According to the OIG's semiannual report to Congress, the agency generated an estimated $12.70 in expected recoveries or savings for every dollar spent on oversight. Much of the reported financial impact came from several high-profile enforcement actions, including the conviction of a telemedicine software executive involved in a $1 billion fraud scheme and $674 million in settlements involving Kaiser Permanente affiliates and CVS Health's Aetna over allegations of inflated Medicare Advantage billing.

However, the overall number of enforcement cases declined significantly. Combined criminal and civil actions dropped to 604 from 833 in the previous reporting period, while criminal referrals fell to 1,168 from 1,451. Exclusions from Medicare and other federal healthcare programs also continued a two-year decline, decreasing from 1,795 to 1,212. The figures suggest enforcement activity has not accelerated compared with similar periods under the Trump or Biden administrations.

The report also noted that the OIG's reporting methodology changed in early 2025, introducing a broader "total monetary impact" metric that combines projected savings with funds ordered or agreed to be repaid rather than actual collections. As a result, the reported financial impact has fluctuated sharply in recent reporting periods.

The findings come as Vice President JD Vance, HHS Secretary Robert F. Kennedy Jr., and Centers for Medicare & Medicaid Services Administrator Mehmet Oz continue highlighting the administration's campaign against healthcare fraud. The OIG said it is coordinating investigations with a White House fraud task force led by Vance.

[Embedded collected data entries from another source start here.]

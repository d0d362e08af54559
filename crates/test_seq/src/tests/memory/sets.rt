//! The calls of a set that take memory.

use super::{Refused, assert_same, assert_same_at, metered, push_call, refuse_each};
use flurry_base::hash::{DefaultHashBuilder, LowHashBuilder};
use flurry_bins::bin::Node;
use flurry_seq_set::SeqSet;
use flurry_seq_set::set_calls::SetCall;
use metered_alloc::MeteredAlloc;
use std::alloc::{AllocError, Allocator, Global};
use std::collections::VecDeque;
use std::process::Abort;

type Set<A> = SeqSet<u64, LowHashBuilder, A>;

// Returns the set of the elements below `count`.
fn set_of<A: Allocator + Copy>(rt: &impl Abort, memory: A, count: u64) -> Set<A> {
    let mut set = SeqSet::with_hasher(memory, LowHashBuilder);
    for element in 0..count {
        let _ = set.insert(element).expect(rt, "memory for the element");
    }
    set
}

fn three_elements<A: Allocator + Copy>(rt: &impl Abort, memory: A) -> Vec<u64, A> {
    Vec::from_array(memory, [5, 6, 7]).expect(rt, "memory for the list")
}

// Asserts that the set has a front of the elements from 5 on, and as many of them as it has elements beside its `first` ones.
fn has_a_front<A: Allocator + Copy>(rt: &impl Abort, set: &Set<A>, first: usize) {
    let mut count = first;
    for element in 5..8u64 {
        let is_in_front = count < set.len();
        assert_same(rt, set.contains(&element), is_in_front);
        if is_in_front {
            count += 1;
        }
    }
    assert_same(rt, count, set.len());
}

// An insertion into a new set. A second insertion, and taking the element, request no memory.
struct InsertsOne;

impl Refused for InsertsOne {
    fn run_refusing<A: Allocator + Copy>(
        &self,
        rt: &impl Abort,
        metered: &MeteredAlloc<Global>,
        memory: A,
        k: u64,
    ) -> bool {
        let mut set = set_of(rt, memory, 0);
        metered.refuse_at(k);
        let failed = set.insert(1).is_err();
        let refused = metered.was_refused();
        metered.refuse_from(0);
        assert_same_at(rt, k, (failed, set.contains(&1)), (refused, !refused));
        if !refused {
            assert_same(rt, set.insert(1), Ok(false));
            assert_same(rt, set.take(&1).is_some(), true);
            assert_same(rt, metered.requests(), 0);
        }
        metered.refuse_nothing();
        refused
    }
}

#[test]
fn set_insert(rt: HostRuntime) {
    refuse_each(&rt, rt.alloc(), &InsertsOne);
}

// Inserts a node of the element 1 into a set. Returns whether its class is new, or `None` if memory for the node or for a table cannot be
// allocated.
fn put_node<A: Allocator + Copy>(set: &mut Set<A>) -> Option<bool> {
    match Node::of_pair(*set.allocator(), 77, 1u64, (), 0) {
        Ok(node) => set.insert_node(node).ok(),
        Err(_) => None,
    }
}

// The insertion of a node into a new set, which is repeated if it fails.
struct InsertsNode;

impl Refused for InsertsNode {
    fn run_refusing<A: Allocator + Copy>(
        &self,
        rt: &impl Abort,
        metered: &MeteredAlloc<Global>,
        memory: A,
        k: u64,
    ) -> bool {
        let mut set = set_of(rt, memory, 0);
        metered.refuse_at(k);
        let mut new = put_node(&mut set);
        let refused = metered.was_refused();
        metered.refuse_nothing();
        if refused {
            assert_same_at(rt, k, (new, set.len(), metered.live_blocks()), (None, 0, 0));
            new = put_node(&mut set);
        }
        assert_same_at(rt, k, (new, set.contains(&1)), (Some(true), true));
        assert_same_at(rt, k, (put_node(&mut set), set.len()), (Some(false), 1));
        refused
    }
}

#[test]
fn set_insert_node(rt: HostRuntime) {
    refuse_each(&rt, rt.alloc(), &InsertsNode);
}

// A call of `get_or_insert` for a class that is new. A second one requests no memory.
struct GetsOrInserts;

impl Refused for GetsOrInserts {
    fn run_refusing<A: Allocator + Copy>(
        &self,
        rt: &impl Abort,
        metered: &MeteredAlloc<Global>,
        memory: A,
        k: u64,
    ) -> bool {
        let mut set = set_of(rt, memory, 0);
        metered.refuse_at(k);
        let failed = set.get_or_insert(1).is_err();
        let refused = metered.was_refused();
        metered.refuse_from(0);
        assert_same_at(rt, k, (failed, set.contains(&1)), (refused, !refused));
        if !refused {
            assert_same(rt, set.get_or_insert(1).map(|stored| *stored), Ok(1));
            assert_same(rt, metered.requests(), 0);
        }
        metered.refuse_nothing();
        refused
    }
}

#[test]
fn set_get_or_insert(rt: HostRuntime) {
    refuse_each(&rt, rt.alloc(), &GetsOrInserts);
}

// Creates a set with room for `capacity` elements, and returns whether it is empty, or `None` if this fails.
fn is_empty_for<A: Allocator + Copy>(memory: A, capacity: usize) -> Option<bool> {
    let set: Result<Set<A>, _> = SeqSet::with_capacity_and_hasher(memory, capacity, LowHashBuilder);
    match set {
        Ok(set) => Some(set.is_empty()),
        Err(_) => None,
    }
}

// Creates a set with room for five elements and the default hasher, and returns whether this fails.
fn default_is_refused<A: Allocator + Copy>(memory: A) -> bool {
    let set: Result<SeqSet<u64, DefaultHashBuilder, A>, AllocError> = SeqSet::with_capacity(
        memory, 5,
    );
    set.is_err()
}

#[test]
fn set_with_capacity(rt: HostRuntime) {
    let rt = &rt;
    let memory = metered(rt, rt.alloc());
    memory.refuse_from(0);
    assert_same(rt, is_empty_for(memory, 0), Some(true));
    assert_same(rt, memory.requests(), 0);
    assert_same(rt, is_empty_for(memory, 5), None);
    assert_same(rt, default_is_refused(memory), true);
    assert_same(rt, memory.live_blocks(), 0);
}

// A call of `reserve` for 32 more elements in a set of one. It requests one table, of 128 bins.
struct Reserves;

impl Refused for Reserves {
    fn run_refusing<A: Allocator + Copy>(
        &self,
        rt: &impl Abort,
        metered: &MeteredAlloc<Global>,
        memory: A,
        k: u64,
    ) -> bool {
        let mut set = set_of(rt, memory, 1);
        metered.refuse_at(k);
        let failed = set.reserve(32).is_err();
        let refused = metered.was_refused();
        metered.refuse_nothing();
        assert_same_at(rt, k, (failed, refused), (k == 0, k == 0));
        assert_same_at(rt, k, (set.len(), set.contains(&0)), (1, true));
        refused
    }
}

#[test]
fn set_reserve(rt: HostRuntime) {
    refuse_each(&rt, rt.alloc(), &Reserves);
}

// The extension of a set of two elements by the list of three elements.
struct Extends;

impl Refused for Extends {
    fn run_refusing<A: Allocator + Copy>(
        &self,
        rt: &impl Abort,
        metered: &MeteredAlloc<Global>,
        memory: A,
        k: u64,
    ) -> bool {
        let mut set = set_of(rt, memory, 2);
        let list = three_elements(rt, memory);
        metered.refuse_at(k);
        let failed = set.extend(list).is_err();
        let refused = metered.was_refused();
        metered.refuse_nothing();
        assert_same_at(rt, k, failed, refused);
        has_a_front(rt, &set, 2);
        assert_same_at(rt, k, set.contains(&0) && set.contains(&1), true);
        refused
    }
}

#[test]
fn set_extend(rt: HostRuntime) {
    refuse_each(&rt, rt.alloc(), &Extends);
}

// The making of a set from the list of three elements.
struct MakesOfList;

impl Refused for MakesOfList {
    fn run_refusing<A: Allocator + Copy>(
        &self,
        rt: &impl Abort,
        metered: &MeteredAlloc<Global>,
        memory: A,
        k: u64,
    ) -> bool {
        let list = three_elements(rt, memory);
        metered.refuse_at(k);
        let answer = SeqSet::from_list(memory, list, LowHashBuilder);
        let refused = metered.was_refused();
        metered.refuse_nothing();
        assert_same_at(rt, k, answer.is_err(), refused);
        match answer {
            Ok(set) => {
                has_a_front(rt, &set, 0);
                assert_same(rt, set.len(), 3);
            }
            Err(_) => assert_same_at(rt, k, metered.live_blocks(), 0),
        }
        refused
    }
}

#[test]
fn set_from_list(rt: HostRuntime) {
    refuse_each(&rt, rt.alloc(), &MakesOfList);
}

// The cloning of a set of three elements.
struct Copies;

impl Refused for Copies {
    fn run_refusing<A: Allocator + Copy>(
        &self,
        rt: &impl Abort,
        metered: &MeteredAlloc<Global>,
        memory: A,
        k: u64,
    ) -> bool {
        let set = set_of(rt, memory, 3);
        let before = metered.live_blocks();
        metered.refuse_at(k);
        let answer = set.try_clone();
        let refused = metered.was_refused();
        metered.refuse_nothing();
        let is_equal = match answer {
            Ok(copy) => Some(copy == set),
            Err(_) => None,
        };
        let wanted = if refused { None } else { Some(true) };
        assert_same_at(rt, k, (is_equal, metered.live_blocks()), (wanted, before));
        refused
    }
}

#[test]
fn set_try_clone(rt: HostRuntime) {
    refuse_each(&rt, rt.alloc(), &Copies);
}

// The function that the calls pass to `retain`.
fn is_below_nine(element: &u64) -> bool {
    *element < 9
}

// The run of calls as values on a new set.
struct Runs;

impl Refused for Runs {
    fn run_refusing<A: Allocator + Copy>(
        &self,
        rt: &impl Abort,
        metered: &MeteredAlloc<Global>,
        memory: A,
        k: u64,
    ) -> bool {
        let mut set = set_of(rt, memory, 0);
        let mut calls = VecDeque::new(memory);
        push_call(rt, &mut calls, SetCall::Insert(5));
        push_call(rt, &mut calls, SetCall::Get(5));
        push_call(rt, &mut calls, SetCall::Insert(6));
        push_call(rt, &mut calls, SetCall::Retain(is_below_nine));
        push_call(rt, &mut calls, SetCall::Insert(7));
        push_call(rt, &mut calls, SetCall::Elements);
        push_call(rt, &mut calls, SetCall::TryClone);
        metered.refuse_at(k);
        let failed = set.run(memory, calls).is_err();
        let refused = metered.was_refused();
        metered.refuse_nothing();
        has_a_front(rt, &set, 0);
        assert_same_at(rt, k, failed, refused);
        assert_same_at(rt, k, refused || set.len() == 3, true);
        refused
    }
}

#[test]
fn set_calls_in_their_order(rt: HostRuntime) {
    refuse_each(&rt, rt.alloc(), &Runs);
}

The report also examined Medicaid-funded autism services in Indiana, Wisconsin, Maine, and Colorado, identifying hundreds of millions of dollars in improper or potentially improper payments for applied behavior analysis therapy. Auditors attributed the issues to administrative failures, including missing documentation, unsigned assessments, cloned treatment notes, unqualified providers, and weak state oversight, rather than organized criminal fraud. The report marks the first full accounting signed by Inspector General T. March Bell, who was confirmed by the Senate in December.